Dienstag, 10. Mai 2022

„Putin hat sich verschätzt und passt seine Rhetorik jetzt an die Realität an“

Am 9. Mai hat Russland 77 Jahre nach Ende des Zweiten Weltkriegs den „Tag des Sieges“ gefeiert. Die Rede von Präsident Wladimir Putin sei erstaunlich zurückhaltend gewesen, befanden Kommentatoren: „Er hat seine Rhetorik an die Realität angepasst“, sagt der Politikwissenschafts-Professor der Universität Innsbruck und Experte für Osteuropa Gerhard Mangott. „Die russischen Streitkräfte sind nicht in der Lage die gesamte Ukraine zu besetzen.“

Putin hat am gestrigen 9. Mai 77 Jahre nach Ende des Zweiten Weltkriegs eine Rede gehalten. - Foto: © APA/afp / NATALIA KOLESNIKOVA

Von:
Matteo Tomada
STOL: Herr Professor Mangott, wie kann man die Rede Putins verstehen?
Prof. Gerhard Mangott: Die Rede Putins hat sich vor allem nach innen gerichtet. Es war ein Versuch, die jetzigen Kriegshandlungen in die Tradition des großen vaterländischen Krieges zu stellen, als sich die Sowjetunion gegen Nazi-Deutschland wehren musste. Die Ukraine stelle als Marionette des Westens, so Putin, genau wie Deutschland früher eine Bedrohung für Russland dar. Der Kampf sei deshalb notwendig gewesen.


Er hat von Gefallenen sprechen müssen, weil so viele russische Soldaten gestorben sind, dass es trotz Propaganda nicht mehr zu verschleiern war.
Professor Gerhard Mangott



STOL: In seiner Rede sei Putin erstaunlich zurückhaltend gewesen, sagen Beobachter. Hatten Sie das so erwartet?
Prof. Mangott: Der Eindruck, dass er zurückhaltend war, hängt vor allem damit zusammen, dass es so zahlreiche Spekulationen über seine Rede gab. Man ging davon aus, dass der Krieg formal erklärt und eine Generalmobilmachung ankündigt würde. Gemessen an diesen unrichtigen Spekulationen war die Rede zurückhaltend.

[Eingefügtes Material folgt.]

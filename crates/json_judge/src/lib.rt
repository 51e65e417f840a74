//! A JSON text is judged in one pass that makes nothing of it: whether it is JSON as `serde_json` reads
//! it, and whether an object in it has a name that is not permitted.
#![tactic(auto)]

mod judged;
mod judging;
mod members;
mod numbers;

pub use judged::JudgedTexts;
pub use judging::{Verdict, judge};
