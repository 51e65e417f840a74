//! Numbers that are within range.
ghost use Rattle.std.specs.Prelude.{◌≡◌, ◌==◌, ◌<◌, ◌≤◌, IsTrue, length, is_some, slice_index, true, false};
ghost use Rattle.std.specs.Char.{is_ascii_digit};
ghost use Rattle.std.specs.List.{list_all};
ghost use Rattle.serde_json.specs.Read.{number_from, number_of};

use fast_float::Numeral;

/// So many digits are always within 64 bits.
const FEW: usize = 18;

/// Whether the number of a token is one of 64 bits, or a float that is finite.
#[tactic(auto, unfolding(serde_json::specs::Read::number_of))]
pub(crate) fn is_in_range(text: &str) -> bool
    ensures { result ≡ is_some (number_of text.now) }
{
    let bytes = text.as_bytes();
    if is_few_digits(bytes) {
        return true;
    }
    if has_minus(bytes) {
        is_negative(&Numeral::scan(&bytes[1..]))
    } else {
        is_unsigned(&Numeral::scan(bytes))
    }
}

// Whether a text is of a few digits alone, as most numbers are.
fn is_few_digits(bytes: &[u8]) -> bool
    ensures { result ≡ true → (0 < length bytes.now) × (length bytes.now ≤ 18)
        × (list_all is_ascii_digit bytes.now ≡ true) }
{
    if bytes.is_empty() || bytes.len() > FEW {
        return false;
    }
    is_digits(bytes)
}

fn is_digits(bytes: &[u8]) -> bool
    ensures { result ≡ list_all is_ascii_digit bytes.now }
{
    bytes.iter().all(|byte| byte.is_ascii_digit())
}

fn has_minus(bytes: &[u8]) -> bool
    ensures value { result ≡ (slice_index bytes.now 0 == 45) }
    ensures len { IsTrue result → 0 < length bytes.now }
{
    !bytes.is_empty() && bytes[0] == b'-'
}

fn is_unsigned(numeral: &Numeral<'_>) -> bool
    ensures { result ≡ is_some (number_from false numeral.now) }
{
    match numeral.to_u64() {
        Some(_) => true,
        None => numeral.to_float::<f64>(false).is_finite(),
    }
}

fn is_negative(numeral: &Numeral<'_>) -> bool
    ensures { result ≡ is_some (number_from true numeral.now) }
{
    if let Some(n) = numeral.to_i64(true) {
        if n < 0 {
            return true;
        }
    }
    numeral.to_float::<f64>(true).is_finite()
}
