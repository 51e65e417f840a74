//! A turn within the units of a pick.
ghost use Rattle.std.specs.Prelude.{◌≡◌, ◌-◌, ◌<◌, ◌≤◌, IfOk, OnOk, false};
ghost use Rattle.native_image.specs.Image.{Outside};
ghost use Rattle.life_laws.specs.Life.{Fixed};
ghost use Rattle.native_image.specs.declared.handed.Shared.{Shared as SharedBy};
ghost use Rattle.native_image.specs.declared.handed.Widget.{Widget as WidgetOf};
ghost use Rattle.turn_steps.specs.Moving.{FineRan, IsOut, RanTo};
ghost use Rattle.turn_steps.specs.Keeping.{Keeps};
ghost use Rattle.turn_steps.specs.Steps.{is_open};
ghost use Rattle.turn_steps.specs.Turning.{FineEnd, FineTurn, FineWidget};

use crate::moving::{move_on, take};
use crate::turn::{Ran, TurnEnd};
use code_units::Memory;
use native_image::{Shared, Widget};
use turn_dispatch::{Doing, Stop, Turn};

// Whether a turn is not over.
fn is_open(doing: &Doing) -> bool
    ensures { result ≡ is_open doing.now }
{
    !matches!(doing, Doing::Over(_) | Doing::Stop(_))
}

// The units of a pick that are left.
fn units_left(start: u32, left: u32, units: u32) -> u32
    requires less { left ≤ start }
    ensures { result ≡ units - (start - left) }
{
    units.saturating_sub(start - left)
}

// What came of a turn that wants fuel which is not there: where the units are used up it is cut, and else it stops.
fn short(start: u32, left: u32, units: u32) -> Ran
    requires less { left ≤ start }
    ensures cut { units ≤ start - left → result ≡ Ran.Cut }
    ensures stop { start - left < units → result ≡ Ran.Ended (TurnEnd.Stop Stop.Fuel) left }
{
    if units <= start - left {
        return Ran::Cut;
    }
    Ran::Ended(TurnEnd::Stop(Stop::Fuel), left)
}

// How a turn that is over ended.
fn ended(turn: &mut Turn) -> TurnEnd
    requires over { is_open turn.old.doing ≡ false }
    ensures out { (x : Outside) (h : SharedBy) (v : WidgetOf) → IsOut x h v turn.old result }
    ensures fine { (h : SharedBy) (v : WidgetOf) → FineTurn h v.id.index turn.old
        → FineEnd v.id.index h.store.cells result }
    ensures left { turn.new.left ≡ turn.old.left }
    ensures due { result ≡ TurnEnd.Stop Stop.Fuel → ⊥ }
{
    match take(&mut turn.doing) {
        Doing::Over(how) => TurnEnd::Over(how),
        Doing::Stop(cause) => TurnEnd::Stop(Stop::Due(cause)),
        _ => unreachable!(),
    }
}

/// Runs a turn in its place for the units of a pick. What costs fuel begins only below them; what costs
/// nothing is done behind them too. Where it is cut it is what is left of the turn. After want of memory it
/// is nothing that can be run.
pub fn run_turn(
    shared: &mut Shared,
    widget: &mut Widget,
    turn: &mut Turn,
    units: u32,
) -> Result<Ran, Memory>
    requires widget { FineWidget shared.old widget.old }
    requires turn { FineTurn shared.old widget.old.id.index turn.old }
    ensures ran { IfOk result (λ r. (f : Fixed) (x : Outside)
        → RanTo units shared.old shared.new widget.old widget.new turn.old turn.new f x r) }
    ensures fine { IfOk result (FineRan shared.new widget.new.id.index turn.new) }
    ensures sound { OnOk result (FineWidget shared.new widget.new) }
    ensures kept { Keeps shared.old shared.new widget.old widget.new }
{
    let start = turn.left;
    'steps: while is_open(&turn.doing) {
        let rest = units_left(start, turn.left, units);
        let is_short = move_on(shared, widget, turn, rest)?;
        if is_short {
            return Ok(short(start, turn.left, units));
        }
    }
    let how = ended(turn);
    Ok(Ran::Ended(how, turn.left))
}
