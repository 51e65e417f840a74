//! What is written for the slots of a page that lives.
ghost use Rattle.std.specs.Prelude.{◌≡◌, ◌≢◌, ◌<◌, ◌++◌, ◌∷◌, [], List, Option, Some, length, map, slice_get, IfOk, OnOk, true, false};
ghost use Rattle.widget_meaning.specs.OwnState.{OwnState};
ghost use Rattle.page_plan.specs.Pages.{PagePiece};
ghost use Rattle.live_text.specs.Answer.{shown};
ghost use Rattle.page_live.specs.Page.{AreEntries, AreRenewed, IsEntryLine, IsEntryRoot, IsRenewed, IsShowing, Shows, is_at, picked, told_at};

use crate::page::LivePage;
use code_units::Memory;
use live_text::{Entry, line_object, object_of_line, root_value};
use page_play::last_line;
use std::alloc::Global;

/// What is to be written for each slot, in order.
pub fn entries(alloc: Global, page: &LivePage) -> Result<Vec<Entry>, Memory>
    requires showing { IsShowing page.now }
    ensures { IfOk result (λ all. (pieces : List PagePiece) (owns : List (Option OwnState)) → Shows page.now pieces owns
        → AreEntries page.now.findings owns (map shown all.items)) }
{
    let mut all = Vec::new(alloc);
    'slots: for w in 0..page.findings.names.len() {
        let line = entry_line(alloc, page, w as u32)?;
        let root = entry_root(alloc, page, w as u32)?;
        all.push(Entry { line, root })?;
    }
    Ok(all)
}

// The line of a slot.
fn entry_line(alloc: Global, page: &LivePage, w: u32) -> Result<Vec<u8>, Memory>
    requires showing { IsShowing page.now }
    requires there { w < length page.now.findings.names.items }
    ensures { IfOk result (λ line. (pieces : List PagePiece) (owns : List (Option OwnState)) (own : Option OwnState)
        → Shows page.now pieces owns
        → slice_get owns w ≡ Some own → IsEntryLine (told_at page.now.findings w) own line.items) }
{
    let line = last_line(alloc, &page.findings, &page.host, w)?;
    object_of_line();
    line_object(alloc, &line)
}

// The text of what stands in a slot.
fn entry_root(alloc: Global, page: &LivePage, w: u32) -> Result<Vec<u8>, Memory>
    requires showing { IsShowing page.now }
    requires there { w < length page.now.findings.names.items }
    ensures { IfOk result (λ root. (pieces : List PagePiece) (owns : List (Option OwnState)) (own : Option OwnState)
        → Shows page.now pieces owns
        → slice_get owns w ≡ Some own → IsEntryRoot (told_at page.now.findings w) own root.items) }
{
    let mut text = Vec::new(alloc);
    page.host.print_slot(alloc, w, &mut text)?;
    root_value(alloc, text)
}

/// What was written for slots becomes what is to be written now; of each slot whether it is another. What stands in
/// a slot is looked at where its line is another, and in the slot to which alone something was given.
pub fn renew(
    alloc: Global,
    page: &LivePage,
    touched: Option<u32>,
    written: &mut Vec<Entry>,
) -> Result<Vec<bool>, Memory>
    requires showing { IsShowing page.now }
    requires many { length written.old.items ≡ length page.now.findings.names.items }
    ensures renewed { IfOk result (λ flags. (pieces : List PagePiece) (owns : List (Option OwnState))
        → Shows page.now pieces owns
        → AreRenewed page.now.findings owns touched (map shown written.old.items)
        (map shown written.new.items) flags.items) }
    ensures many { length written.new.items ≡ length written.old.items }
    ensures flags { IfOk result (λ flags. length flags.items ≡ length written.old.items) }
{
    let mut flags = Vec::new(alloc);
    'slots: for w in 0..written.len() {
        let looks = is_at(touched, w as u32);
        let flag = renew_one(alloc, page, w as u32, looks, &mut written[w])?;
        flags.push(flag)?;
    }
    Ok(flags)
}

// Whether something was given to this slot alone.
fn is_at(touched: Option<u32>, w: u32) -> bool
    ensures { result ≡ is_at touched w }
{
    match touched {
        None => false,
        Some(v) => v == w,
    }
}

// What was written for a slot becomes what is to be written now; whether it is another.
fn renew_one(
    alloc: Global,
    page: &LivePage,
    w: u32,
    looks: bool,
    entry: &mut Entry,
) -> Result<bool, Memory>
    requires showing { IsShowing page.now }
    requires there { w < length page.now.findings.names.items }
    ensures { IfOk result (λ flag. (pieces : List PagePiece) (owns : List (Option OwnState)) (own : Option OwnState)
        → Shows page.now pieces owns
        → slice_get owns w ≡ Some own
        → IsRenewed (told_at page.now.findings w) own looks (shown entry.old) (shown entry.new) flag) }
{
    let line = entry_line(alloc, page, w)?;
    if !looks && same(&line, &entry.line) {
        return Ok(false);
    }
    let root = entry_root(alloc, page, w)?;
    Ok(replace(entry, Entry { line, root }))
}

// What was written for a slot becomes this; whether it is another.
fn replace(old: &mut Entry, new: Entry) -> bool
    ensures other { result ≡ true → (shown old.new ≡ shown new) × (shown new ≢ shown old.old) }
    ensures same { result ≡ false → (shown old.new ≡ shown old.old) × (shown new ≡ shown old.old) }
{
    if same(&new.line, &old.line) && same(&new.root, &old.root) {
        return false;
    }
    *old = new;
    true
}

// Whether two texts are the same.
fn same(a: &[u8], b: &[u8]) -> bool
    ensures yes { result ≡ true → a.now ≡ b.now }
    ensures no { result ≡ false → a.now ≢ b.now }
{
    a == b
}

/// The entries that are flagged.
pub fn flagged<'a>(
    alloc: Global,
    entries: &'a [Entry],
    flags: &[bool],
) -> Result<Vec<&'a Entry>, Memory>
    requires { length flags.now ≡ length entries.now }
    ensures { IfOk result (λ some. map (λ e. shown e.now) some.items ≡ picked flags.now (map shown entries.now)) }
{
    let mut some = Vec::new(alloc);
    'entries: for i in 0..entries.len() {
        let flag = flags[i];
        let entry = &entries[i];
        push_flagged(flag, entry, &mut some)?;
    }
    Ok(some)
}

// Appends an entry that is flagged.
fn push_flagged<'a>(flag: bool, entry: &'a Entry, some: &mut Vec<&'a Entry>) -> Result<(), Memory>
    ensures { OnOk result (map (λ e. shown e.now) some.new.items
        ≡ map (λ e. shown e.now) some.old.items ++ picked (flag ∷ []) (shown entry.now ∷ [])) }
{
    if flag {
        some.push(entry)?;
    }
    Ok(())
}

Putin begrüßt die Anwesenden. - Foto: © ANSA / MAXIM SHIPENKOV



STOL: Welche Botschaft hatte Putin?
Prof. Mangott: Putin hatte in seiner Rede 3 Botschaften. Erstens: Russland ist wie damals im großen vaterländischen Krieg in der Abwehrposition. Zweitens: Man habe alles getan, um den Kampf zu verhindern, aber der Westen wollte nicht hören. Die dritte Botschaft ging an die Familien der gefallenen Soldaten: Ihnen werde geholfen. Putin musste die gefallenen Soldaten erwähnen, weil so viele gestorben sind, dass es trotz Propaganda nicht mehr zu verschleiern war. Er nannte aber keine Zahl.


Die russischen Streitkräfte sind nicht in der Lage, die Ukraine zu erobern und besetzt zu halten. Putin konzentriert sich jetzt auf die vollständige Eroberungen des Donbass.
Professor Gerhard Mangott


STOL: Putin hat auch nicht mehr vom Ziel gesprochen, die Ukraine als Staat vernichten zu wollen. Was will Putin jetzt erreichen?
Prof. Mangott: Putin hat die Rhetorik den Realitäten am Boden angepasst. Die russischen Streitkräfte sind nicht in der Lage, die Ukraine zu erobern und besetzt zu halten. Putin konzentriert sich jetzt auf die vollständige Eroberung des Donbass. Das ist realistisch noch möglich. Dieses Minimalziel muss Putin auch erreichen, denn sonst kann er nicht von einer „erfolgreichen militärischen Spezialoperation“ sprechen.


„Putin, die Militärführung und die Geheimdienste haben sich verschätzt.“ - Foto: © APA/afp / MIKHAIL METZEL



STOL: Das heißt, Putin hat sich am Anfang völlig verschätzt?
Prof. Mangott: Nicht nur er, sondern auch die Militärführung und die Geheimdienste haben sich verschätzt. Man hat die Planung schlecht vorbereitet und schlecht umgesetzt. Man hat auch die Lage in der Ukraine völlig falsch eingeschätzt.

STOL: Sind wir im Westen einfach zu besorgt?
Prof. Mangott: Putin hat in seiner Rede die Gefahr eines globalen Krieges angesprochen. Damit wollte er sicher auch den Westen warnen. Ich erwarte aber keine territoriale Ausweitung der Kämpfe. Russland fehlen die Truppen, um eine solche Operation durchzuführen. Ich glaube auch nicht, dass Russland Waffenlieferungen auf dem Territorium eines NATO-Landes angreifen wird.